What is the difference between the /multitask command and manually spawning agents?

/multitask automatically decomposes a feature description into parallel subtasks and spawns agents for each. Manual spawning via the Agents Window gives you full control over each agent’s prompt, model selection, and starting context. Use /multitask for well-defined features with 4+ clearly separable components. Use manual spawning for iterative or experimental work where you want fine-grained control over what each agent knows.

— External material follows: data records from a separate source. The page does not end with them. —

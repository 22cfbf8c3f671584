// The decision row.
ghost use Rattle.std.specs.Prelude.{◌≡◌, ◌<◌, ◌*◌, length};
ghost use Rattle.rules.specs.Exchange.{slot, row_of, tie_count};
ghost use Rattle.settings.specs.Judged.{settings_of};

use crate::deciding::decide;
use delivery::{Messages, Path};
use rules::Decided;
use words::put_word;

// Node i's slot: "not reported" for a faulty node, its value for a fault-free sender, its decision for a fault-free receiver.
fn slot(told: &Messages, i: u8) -> Decided
    requires { i < told.now.settings.n }
    ensures { result ≡ slot (settings_of told.now.settings) told.now.table.now i }
{
    if told.faulty(i) {
        Decided {
            word: 65535,
            ties: 0,
        }
    } else if i == told.settings.sender {
        Decided {
            word: told.settings.value,
            ties: 0,
        }
    } else {
        decide(told, Path::to(i), usize::from(told.settings.m))
    }
}

// Writes every slot's word into the row, and returns the ties met.
pub fn play(told: &Messages, row: &mut [u8]) -> u32
    requires { length row.old ≡ 2 * told.now.settings.n }
    ensures ties { result ≡ tie_count (settings_of told.now.settings) told.now.table.now }
    ensures row { row.new ≡ row_of (settings_of told.now.settings) told.now.table.now }
{
    let mut ties: u32 = 0;
    for i in 0..told.settings.n {
        let d = slot(told, i);
        put_word(row, usize::from(i), d.word);
        ties += d.ties;
    }
    ties
}
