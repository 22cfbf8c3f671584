// Judging: what an exchange is turned away for.
ghost use Rattle.std.specs.Prelude.{◌≡◌};
ghost use Rattle.rules.specs.Numbers.{RefusedOr};
ghost use Rattle.rules.specs.Refusals.{exchange_refusal};
ghost use Rattle.settings.specs.Judged.{settings_of};

use rules::{Refusal, Settings};
use settings::{Judged, message_count};

// The refusal is the lowest of 1 to 9 that applies, for a table and a row of so many bytes. What stands in the table is not looked at.
pub fn judged(s: Settings, table: usize, row: usize) -> Result<Judged, Refusal>
    ensures { RefusedOr (exchange_refusal s table row) (λ j. settings_of j ≡ s) result }
{
    let judged = Judged::try_from(s)?;
    if table != 2 * message_count(s.n, s.m) {
        return Err(Refusal::WrongTable);
    }
    if row != 2 * s.n as usize {
        return Err(Refusal::WrongRow);
    }
    Ok(judged)
}
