// One exchange of BYZ(m,m): it judges what it is given, decides for every fault-free receiver, writes the decision row and sums
// up. What is delivered, settings, votes and words come from the crates below.
#![tactic(auto)]

ghost use Rattle.std.specs.Prelude.{◌≡◌, length};
ghost use Rattle.rules.specs.Exchange.{played, row_after, class_of};
ghost use Rattle.rules.specs.Numbers.{RefusedOr};
ghost use Rattle.rules.specs.Refusals.{exchange_refusal};

mod judging; // what is turned away
mod deciding; // a receiver's entries and their vote
mod row; // the decision row

use delivery::Messages;
use judging::judged;
use row::play;
use rules::{Refusal, Settings, Summary};

// 1 if f ≤ m, 2 if m < f ≤ u, 3 if f > u.
// Kept: the class is a number, since the summary that C reads has it as one.
#[tactic(auto, unfolding(rules::specs::Exchange::class_of))]
fn class_of(f: u32, m: u32, u: u32) -> u32
    ensures { result ≡ class_of f m u }
{
    if f <= m {
        1
    } else if f <= u {
        2
    } else {
        3
    }
}

// One exchange. It refuses and leaves the row as it is, or fills the row and returns the summary. More faults than u are played like
// any others.
// Kept: settings and table apart, as they come; `Messages` holds them once they are judged.
pub fn exchange(s: Settings, table: &[u8], row: &mut [u8]) -> Result<Summary, Refusal>
    ensures answer { RefusedOr (exchange_refusal s (length table.now) (length row.old)) (λ y. y ≡ played s table.now) result }
    ensures row { row.new ≡ row_after s table.now row.old }
{
    let settings = judged(s, table.len(), row.len())?;
    let ties = play(&Messages { settings, table }, row);
    let faults = u16::count_ones(s.faults);
    let fault_class = class_of(faults, s.m, s.u);
    // a table that is accepted has a word for each message
    let messages = (table.len() / 2) as u32;
    Ok(Summary {
        refusal: 0,
        faults,
        fault_class,
        ties,
        messages,
    })
}
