// Prints a blank and what a `for` does after each turn, an option.
fn print_update<S: TokenSink>(out: &mut S, names: &Names, part: &Option<Box<StatementNode>>)
    ensures { Prints S.after out.old out.new (part_slots names.now part.now) }
{
    match part {
        Some(statement) => {
            out.space();
            print_simple(out, names, &statement.node);
        }
        None => {}
    }
}
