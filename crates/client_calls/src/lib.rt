// The laws of single calls by client: when each status is given, what a refused call changes, an opening, a closing and a taking leave, a stream cut in two, a block put straight back. The statements are in specs/, the proofs in proofs/. There is no code here.
#![tactic(auto)]
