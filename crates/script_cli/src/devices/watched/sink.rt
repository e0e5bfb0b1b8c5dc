//! A watched writer as a byte sink: an error, or a write of no bytes where some are given, is a failure.

ghost use Rattle.std.specs.Prelude.{◌≡◌, ◌<◌, ◌≤◌, true, false, length, take};
ghost use Rattle.script_cli.specs.Devices.{Takes, bytes_taken};

use crate::devices::traits::ByteSink;
use crate::devices::watched::Watched;
use std::io;
use std::io::Write;

impl<T: Write> ByteSink for Watched<T> {
    ghost log = { λ w. record { bytes = w.passed.bytes; held = T.contents w.inner } };

    ghost is_failed = { λ w. w.failed };

    fn failed(&self) -> bool {
        self.failed
    }

    fn write(&mut self, bytes: &[u8]) -> usize
        ensures bound { result ≤ length bytes.now }
        ensures bytes { self.old.failed ≡ false → Takes
            (record { bytes = self.old.passed.bytes; held = T.contents self.old.inner })
            (record { bytes = self.new.passed.bytes; held = T.contents self.new.inner })
            (take result bytes.now) }
        ensures some { self.new.failed ≡ false → 0 < length bytes.now → 0 < result }
        ensures flag { self.old.failed ≡ true → self.new.failed ≡ true }
        // After a failure the writer isn't called.
        ensures stopped { self.old.failed ≡ true →
            (result ≡ 0) × (self.new.inner ≡ self.old.inner) × (self.new.passed.bytes ≡ self.old.passed.bytes) }
    {
        if self.failed {
            return 0;
        }
        match taken(self.inner.write(bytes), bytes.len()) {
            Some(count) => {
                self.passed.step(&bytes[..count]);
                count
            }
            None => {
                self.failed = true;
                0
            }
        }
    }
}

/// How many of so many bytes a write took; `None` where it failed, which is exactly where the writer answers an error
/// or takes none of some bytes.
fn taken(answer: io::Result<usize>, offered: usize) -> Option<usize>
    ensures { result ≡ bytes_taken offered answer }
{
    match answer {
        Ok(count) if count > 0 || offered == 0 => Some(count),
        _ => None,
    }
}
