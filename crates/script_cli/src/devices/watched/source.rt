//! A watched reader as a byte source: an error is a failure.

ghost use Rattle.std.specs.Prelude.{◌≡◌, ◌+◌, ◌≤◌, true, false, length};
ghost use Rattle.std.specs.Result.{result_ok};
ghost use Rattle.script_cli.specs.Devices.{Reads};

use crate::devices::traits::ByteSource;
use crate::devices::watched::Watched;
use std::io;
use std::io::Read;

impl<T: Read> ByteSource for Watched<T> {
    ghost log = { λ w. record {
      reads = w.reads.count;
      ends = w.ends.count;
      bytes = w.passed.bytes;
      left = T.remaining w.inner;
    } };

    ghost is_failed = { λ w. w.failed };

    fn failed(&self) -> bool {
        self.failed
    }

    fn read(&mut self, buffer: &mut [u8]) -> usize
        ensures bound { result ≤ length buffer.new }
        ensures bytes { self.old.failed ≡ false → Reads
            (record {
              reads = self.old.reads.count;
              ends = self.old.ends.count;
              bytes = self.old.passed.bytes;
              left = T.remaining self.old.inner;
            })
            (record {
              reads = self.new.reads.count;
              ends = self.new.ends.count;
              bytes = self.new.passed.bytes;
              left = T.remaining self.new.inner;
            })
            result buffer.new self.new.failed }
        ensures flag { self.old.failed ≡ true → self.new.failed ≡ true }
        ensures counted { self.new.reads.count ≡ self.old.reads.count + 1 }
        // After a failure the reader isn't called.
        ensures stopped { self.old.failed ≡ true →
            (result ≡ 0) × (self.new.inner ≡ self.old.inner) × (self.new.passed.bytes ≡ self.old.passed.bytes) }
    {
        self.reads.step();
        if self.failed {
            return 0;
        }
        match handed_out(self.inner.read(buffer)) {
            Some(count) => {
                self.passed.step(&buffer[..count]);
                if count == 0 && !buffer.is_empty() {
                    self.ends.step();
                }
                count
            }
            None => {
                self.failed = true;
                0
            }
        }
    }
}

/// How many bytes a read brought; `None` where it failed, which is exactly where the reader answers an error.
fn handed_out(answer: io::Result<usize>) -> Option<usize>
    ensures { result ≡ result_ok answer }
{
    match answer {
        Ok(count) => Some(count),
        Err(_) => None,
    }
}
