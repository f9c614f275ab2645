//! The rows of string_ids to method_ids, from those of the file that came in.
ghost use Rattle.std.specs.Prelude.{◌≡◌, ℕ, ◌+◌, ◌<◌, ◌^◌, ◌++◌, List, IfOk, OnOk, IsOkUnless, length};
ghost use Rattle.dex_base.specs.Fault.{memory};
ghost use Rattle.dex_base.specs.Fields.{u16_bytes, u32_bytes};
ghost use Rattle.dex_base.specs.Grammar.{Appends};
ghost use Rattle.dex_container.specs.Layout.{size_of};
ghost use Rattle.dex_container.specs.Section as section;
ghost use Rattle.file_put.specs.inner.Rows.{SpellsFieldRow, SpellsMethodRow, SpellsProtos, SpellsRows, SpellsTable, SpellsTypeRow};
ghost use Rattle.program_types.specs.Content.{Program};
ghost use Rattle.program_types.specs.Key.{field_ref_key, method_ref_key, text_key};
ghost use Rattle.tables_names.specs.Needed.{needed};
ghost use Rattle.file_strip.specs.inner.Keeping.{Keeps};
ghost use Rattle.file_strip.specs.inner.Tables.{AreFirstProtos, AreFirstRows};

use dex_base::{Fault, push_words};
use dex_container::{Sections, kind};
use dex_insn::IndexKind;
use file_renumber::Numbers;
use std::alloc::Global;
use tables_rows::{
    MemberTable, member_class, member_kind, member_name, proto_return, proto_shorty, type_string,
};

/// Appends the row of a type, if it is kept.
fn put_type(
    rows: &mut Vec<u8>,
    numbers: &Numbers,
    sections: &Sections<'_>,
    i: u32,
) -> Result<(), Fault>
    requires kept { (p : Program) × Keeps sections.now numbers.now p }
    requires row { i < size_of sections.now section.type_ids }
    ensures ok { OnOk result ((p : Program) (old : List ℕ) → Keeps sections.now numbers.now p
        → AreFirstRows text_key (SpellsTypeRow (needed p)) numbers.now.types (needed p).types old i rows.old.items
        → AreFirstRows text_key (SpellsTypeRow (needed p)) numbers.now.types (needed p).types old (i + 1) rows.new.items) }
    ensures memory { IsOkUnless result memory }
{
    if !numbers.keeps(IndexKind::Type, i) {
        return Ok(());
    }
    push_words(
        rows,
        &[numbers.of(IndexKind::String, type_string(sections, i))],
    )
}

/// Appends the rows of all kept types.
fn put_types(rows: &mut Vec<u8>, numbers: &Numbers, sections: &Sections<'_>) -> Result<(), Fault>
    requires kept { (p : Program) × Keeps sections.now numbers.now p }
    ensures ok { OnOk result ((p : Program) → Keeps sections.now numbers.now p → Appends (SpellsTable text_key (SpellsTypeRow (needed p))) rows.old.items rows.new.items (needed p).types) }
    ensures memory { IsOkUnless result memory }
{
    for i in 0..sections.table(kind::TYPE_ID_ITEM).0 {
        put_type(rows, numbers, sections, i)?;
    }
    Ok(())
}

/// Appends the row of a prototype, if it is kept; `places` has the place of the parameters of each that is.
fn put_proto(
    rows: &mut Vec<u8>,
    numbers: &Numbers,
    sections: &Sections<'_>,
    places: &[u32],
    i: u32,
) -> Result<(), Fault>
    requires kept { (p : Program) × Keeps sections.now numbers.now p × (length places.now ≡ length (needed p).protos) }
    requires row { i < size_of sections.now section.proto_ids }
    ensures ok { OnOk result ((p : Program) (old : List ℕ) → Keeps sections.now numbers.now p
        → AreFirstProtos (needed p) numbers.now.protos places.now old i rows.old.items
        → AreFirstProtos (needed p) numbers.now.protos places.now old (i + 1) rows.new.items) }
    ensures memory { IsOkUnless result memory }
{
    if !numbers.keeps_proto(i) {
        return Ok(());
    }
    let place = places[numbers.proto(i) as usize];
    let shorty = numbers.of(IndexKind::String, proto_shorty(sections, i));
    let ret = numbers.of(IndexKind::Type, proto_return(sections, i));
    push_words(rows, &[shorty, ret, place])
}

/// Appends the rows of all kept prototypes.
fn put_protos(
    rows: &mut Vec<u8>,
    numbers: &Numbers,
    sections: &Sections<'_>,
    places: &[u32],
) -> Result<(), Fault>
    requires kept { (p : Program) × Keeps sections.now numbers.now p × (length places.now ≡ length (needed p).protos) }
    ensures ok { OnOk result ((p : Program) → Keeps sections.now numbers.now p → Appends (SpellsProtos (needed p) places.now) rows.old.items rows.new.items (needed p).protos) }
    ensures memory { IsOkUnless result memory }
{
    for i in 0..sections.table(kind::PROTO_ID_ITEM).0 {
        put_proto(rows, numbers, sections, places, i)?;
    }
    Ok(())
}

/// Appends the row of a field or a method: its class, its type or prototype, its name.
fn put_member(rows: &mut Vec<u8>, class: u32, kind: u32, name: u32) -> Result<(), Fault>
    requires class { class < 2 ^ 16 }
    requires kind { kind < 2 ^ 16 }
    ensures ok { OnOk result (rows.new.items ≡ rows.old.items ++ (u16_bytes class ++ (u16_bytes kind ++ u32_bytes name))) }
    ensures memory { IsOkUnless result memory }
{
    rows.extend_from_slice(&(class as u16).to_le_bytes())?;
    rows.extend_from_slice(&(kind as u16).to_le_bytes())?;
    rows.extend_from_slice(&name.to_le_bytes())?;
    Ok(())
}

/// Appends the row of a field, if it is kept.
fn put_field(
    rows: &mut Vec<u8>,
    numbers: &Numbers,
    sections: &Sections<'_>,
    i: u32,
) -> Result<(), Fault>
    requires kept { (p : Program) × Keeps sections.now numbers.now p }
    requires row { i < size_of sections.now section.field_ids }
    ensures ok { OnOk result ((p : Program) (old : List ℕ) → Keeps sections.now numbers.now p
        → AreFirstRows field_ref_key (SpellsFieldRow (needed p)) numbers.now.fields (needed p).fields old i rows.old.items
        → AreFirstRows field_ref_key (SpellsFieldRow (needed p)) numbers.now.fields (needed p).fields old (i + 1) rows.new.items) }
    ensures memory { IsOkUnless result memory }
{
    if !numbers.keeps(IndexKind::Field, i) {
        return Ok(());
    }
    let table = MemberTable::Fields;
    let class = numbers.of(IndexKind::Type, u32::from(member_class(sections, table, i)));
    let ty = numbers.of(IndexKind::Type, u32::from(member_kind(sections, table, i)));
    let name = numbers.of(IndexKind::String, member_name(sections, table, i));
    put_member(rows, class, ty, name)
}

/// Appends the rows of all kept fields.
fn put_fields(rows: &mut Vec<u8>, numbers: &Numbers, sections: &Sections<'_>) -> Result<(), Fault>
    requires kept { (p : Program) × Keeps sections.now numbers.now p }
    ensures ok { OnOk result ((p : Program) → Keeps sections.now numbers.now p → Appends (SpellsTable field_ref_key (SpellsFieldRow (needed p))) rows.old.items rows.new.items (needed p).fields) }
    ensures memory { IsOkUnless result memory }
{
    for i in 0..sections.table(kind::FIELD_ID_ITEM).0 {
        put_field(rows, numbers, sections, i)?;
    }
    Ok(())
}

/// Appends the row of a method, if it is kept.
fn put_method(
    rows: &mut Vec<u8>,
    numbers: &Numbers,
    sections: &Sections<'_>,
    i: u32,
) -> Result<(), Fault>
    requires kept { (p : Program) × Keeps sections.now numbers.now p }
    requires row { i < size_of sections.now section.method_ids }
    ensures ok { OnOk result ((p : Program) (old : List ℕ) → Keeps sections.now numbers.now p
        → AreFirstRows method_ref_key (SpellsMethodRow (needed p)) numbers.now.methods (needed p).methods old i rows.old.items
        → AreFirstRows method_ref_key (SpellsMethodRow (needed p)) numbers.now.methods (needed p).methods old (i + 1) rows.new.items) }
    ensures memory { IsOkUnless result memory }
{
    if !numbers.keeps(IndexKind::Method, i) {
        return Ok(());
    }
    let table = MemberTable::Methods;
    let class = numbers.of(IndexKind::Type, u32::from(member_class(sections, table, i)));
    let proto = numbers.proto(u32::from(member_kind(sections, table, i)));
    let name = numbers.of(IndexKind::String, member_name(sections, table, i));
    put_member(rows, class, proto, name)
}

/// Appends the rows of all kept methods.
fn put_methods(rows: &mut Vec<u8>, numbers: &Numbers, sections: &Sections<'_>) -> Result<(), Fault>
    requires kept { (p : Program) × Keeps sections.now numbers.now p }
    ensures ok { OnOk result ((p : Program) → Keeps sections.now numbers.now p → Appends (SpellsTable method_ref_key (SpellsMethodRow (needed p))) rows.old.items rows.new.items (needed p).methods) }
    ensures memory { IsOkUnless result memory }
{
    for i in 0..sections.table(kind::METHOD_ID_ITEM).0 {
        put_method(rows, numbers, sections, i)?;
    }
    Ok(())
}

/// The rows of string_ids, type_ids, proto_ids, field_ids and method_ids of the kept rows, one table after the other,
/// in bytes: `texts` has the place of each string's text, `lists` that of each prototype's parameters, 0 for none.
///
/// It fails only when out of memory.
///
/// ```
/// let rows = name_rows(alloc, &numbers, &sections, &texts.places, &lists.places[..protos])?;
/// ```
pub(crate) fn name_rows(
    alloc: Global,
    numbers: &Numbers,
    sections: &Sections<'_>,
    texts: &[u32],
    lists: &[u32],
) -> Result<Vec<u8>, Fault>
    requires kept { (p : Program) × Keeps sections.now numbers.now p × (length texts.now ≡ length (needed p).strings) × (length lists.now ≡ length (needed p).protos) }
    ensures ok { IfOk result (λ rows. (p : Program) → Keeps sections.now numbers.now p → SpellsRows (needed p) texts.now lists.now rows.items) }
    ensures memory { IsOkUnless result memory }
{
    let mut rows = Vec::new(alloc);
    push_words(&mut rows, texts)?;
    put_types(&mut rows, numbers, sections)?;
    put_protos(&mut rows, numbers, sections, lists)?;
    put_fields(&mut rows, numbers, sections)?;
    put_methods(&mut rows, numbers, sections)?;
    Ok(rows)
}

How do I prevent parallel agents from creating conflicting changes?

The key is defining a shared interface contract before spawning agents. Create a SHARED_SPEC.md file that specifies the data types, API contracts, and file structure that all agents must respect. Each agent’s prompt should reference this spec explicitly. Git worktrees prevent file-level conflicts at write time, but agents can still make incompatible architectural assumptions — the shared spec prevents that class of error.

Are cloud agents worth the extra cost compared to local agents?

For most development tasks, local parallel agents on Pro ($20/month) deliver the best cost-to-value ratio. Cloud agents are worth the extra cost for: long-running background tasks (overnight migrations), tasks where you want computation to continue while your laptop is off, and large codebases that exceed local RAM. The critical warning: set a monthly cloud spending cap before enabling cloud agents. Early adopters reported spending $2,000+ in two days without caps in place.